Our Observation Curriculum
"We see nothing at first glance."
–Milton Glaser
Before we understand, we have to notice.
Before we think, we have to notice.
Before we feel, we have to notice.
Before we do anything, we have to notice.
It's tragic, then, that we're so bad at noticing!
And all the identities that we care about cultivating grow out of certain types of noticing:
Mathematicians notice patterns.
Novelists, poets, and orators notice words.
Physicists, chemists, and biologists notice the natural world.
Designers, artists, and architects notice the built environment.
Storytellers and psychologists notice what drives people, and
Sociologists, political theorists, and historians notice how these drives tangle together and create all our problems!
What we observe makes us who we are.
But schools don't lead kids to master observation.
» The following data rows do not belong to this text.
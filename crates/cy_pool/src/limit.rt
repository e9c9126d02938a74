//! How many seats a pool may have.
ghost use Rattle.std.specs.Prelude.{◌≡◌, ◌+◌, None};
ghost use Rattle.crossbeam_queue.specs.Passes.{view, IsPassOf};
ghost use Rattle.cy_pool.specs.Rule.{view_of, HasAll};

use crate::rule::{NoSeats, Numbers, OneSeatMore, View};
use crossbeam_queue::Pass;

/// A pass that has all parts is to have so many seats, and no more. What a pass knows changes by the steps of the rule
/// alone, so the limit is counted up.
pub(crate) fn limit_seats(numbers: &Numbers, pass: &mut Pass<u32, View>, seats: u32)
    requires queue { IsPassOf numbers.now pass.old }
    requires all { HasAll (view pass.old) }
    ensures queue { IsPassOf numbers.now pass.new }
    ensures limit { view pass.new ≡ view_of 1 (seats + 1) (view pass.old).size seats None }
{
    drop(numbers.another::<NoSeats>(pass));
    for _most in 0..seats {
        drop(numbers.another::<OneSeatMore>(pass));
    }
}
We take in only a slim fraction of what's right in front of our faces.
What if a new kind of school could cultivate people who notice?
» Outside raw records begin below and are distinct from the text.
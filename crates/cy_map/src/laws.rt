//! Laws of mapping. Each function is its contract, and does nothing.
ghost use Rattle.std.specs.Prelude.{◌≡◌, ◌≢◌, ◌≤◌, ℕ, List, ◌∷◌, ◌++◌, length, All, IsSome, IsTrue, Some};
ghost use Rattle.cy_map.specs.declared.rule.Rule.{Rule};
ghost use Rattle.cy_map.specs.Patterns.{exact_path};
ghost use Rattle.cy_map.specs.Mapping.{is_prefix_for, mapped};

/// A path that an exact pattern equals finds that rule, whatever other rules stand there.
pub fn exact_rule_is_found()
    ensures { (before after : List Rule) (rule : Rule) →
        IsSome (exact_path rule.pattern) → All (λ other. other.pattern ≢ rule.pattern) before →
        mapped (before ++ rule ∷ after) rule.pattern ≡ Some rule }
{}

/// The rule that is found by its prefix is no shorter than any other prefix that the path is under.
pub fn longest_prefix_is_found()
    ensures { (rules : List Rule) (path : List ℕ) (rule : Rule) →
        mapped rules path ≡ Some rule → IsTrue (is_prefix_for path rule) →
        All (λ other. IsTrue (is_prefix_for path other) → length other.pattern ≤ length rule.pattern) rules }
{}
Our schools will ground students in paying attention. We'll —
- demystify drawing realistically, so kids can capture how things fit together.
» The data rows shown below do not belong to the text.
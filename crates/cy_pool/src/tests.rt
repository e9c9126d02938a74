// The slips of a pool for two places, and threads that take and give.
ghost use Rattle.cy_pool.specs.Stocks.{FindsOne};

use super::*;
use std::alloc::{AllocError, Global};
use std::sync::Wait;
use std::sync::atomic::{AtomicU64, Ordering};
use std::test::Fail;
use std::thread;

#[test]
fn two_seats_draw_two_numbers_and_a_third_none(rt: HostRuntime) -> Result<(), Fail> {
    let (pool, mut keeper) = Pool::new(rt.alloc(), 2)?;
    let mut one = pool.seat(&mut keeper);
    let mut two = pool.seat(&mut keeper);
    let mut three = pool.seat(&mut keeper);
    let first = pool.take(&rt, &mut one);
    let second = pool.take(&rt, &mut two);
    assert!(rt; pool.take(&rt, &mut three).is_none());
    let (Some(first), Some(second)) = (first, second) else {
        return Err(Fail::from(AllocError));
    };
    assert_eq!(rt; (first.number(), second.number()), (0, 1));
    pool.give(&rt, &mut one, first);
    let again = pool.take(&rt, &mut three);
    assert_eq!(rt; again.map(|slip| slip.number()), Some(0));
    pool.give(&rt, &mut two, second);
    pool.join(&mut keeper, two);
    Ok(())
}

/// Takes and gives a number so many times, and counts how often it had one that nobody else had.
fn take_and_give<H: Wait>(
    rt: &H,
    pool: &Pool,
    busy: &Vec<AtomicU64>,
    mut seat: Seat,
    rounds: u32,
) -> u32
    requires { FindsOne pool.now seat }
{
    let mut alone = 0u32;
    for _ in 0..rounds {
        let Some(slip) = pool.take(rt, &mut seat) else {
            unreachable!()
        };
        if let Some(mark) = busy.get(slip.number() as usize) {
            if mark.swap(1, Ordering::SeqCst) == 0 {
                alone = alone.saturating_add(1);
            }
            mark.store(0, Ordering::SeqCst);
        }
        pool.give(rt, &mut seat, slip);
    }
    alone
}

/// So many marks, of which none is set.
fn marks(alloc: Global, count: usize) -> Result<Vec<AtomicU64>, AllocError> {
    let mut marks = Vec::new(alloc);
    for _ in 0..count {
        marks.push(AtomicU64::new(0))?;
    }
    Ok(marks)
}

#[test]
fn four_threads_take_and_give(rt: HostRuntime) -> Result<(), Fail> {
    let handle = &rt;
    let (pool, mut keeper) = Pool::new(rt.alloc(), 4)?;
    pool.limit(&mut keeper, 4);
    let marks = marks(rt.alloc(), 4)?;
    let one = pool.seat(&mut keeper);
    let two = pool.seat(&mut keeper);
    let three = pool.seat(&mut keeper);
    let four = pool.seat(&mut keeper);
    let shared = &pool;
    let busy = &marks;
    let ((a, b), (c, d)) = thread::join(
        &rt,
        move ||
            requires { FindsOne shared.now one × FindsOne shared.now two }
        {
            thread::join(
                handle,
                move ||
                    requires { FindsOne shared.now one }
                { take_and_give(handle, shared, busy, one, 25000) },
                move ||
                    requires { FindsOne shared.now two }
                { take_and_give(handle, shared, busy, two, 25000) },
            )
        },
        move ||
            requires { FindsOne shared.now three × FindsOne shared.now four }
        {
            thread::join(
                handle,
                move ||
                    requires { FindsOne shared.now three }
                { take_and_give(handle, shared, busy, three, 25000) },
                move ||
                    requires { FindsOne shared.now four }
                { take_and_give(handle, shared, busy, four, 25000) },
            )
        },
    );
    assert_eq!(rt; (a, b, c, d), (25000, 25000, 25000, 25000));
    Ok(())
}

#[test]
fn laws_hold() {
    laws::each_number_once();
}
- imaginatively take students into the smallest details of the biological world.
- repeatedly encounter what chemicals do as kids cook lunch together each day.
- immerse kids in great painting and sculpture.
- help students unpack the patterns in buildings and public spaces.
- instill in kids a craftsman mindset as they build things.
- practice mindfulness meditation to get a sense of what's going on inside us.
Our goal? To immerse children in the raw splendor of the worlds of numbers, atoms, stories, and ideas.
We don't just aim to cultivate thinkers, but people who think, feel, and perceive together.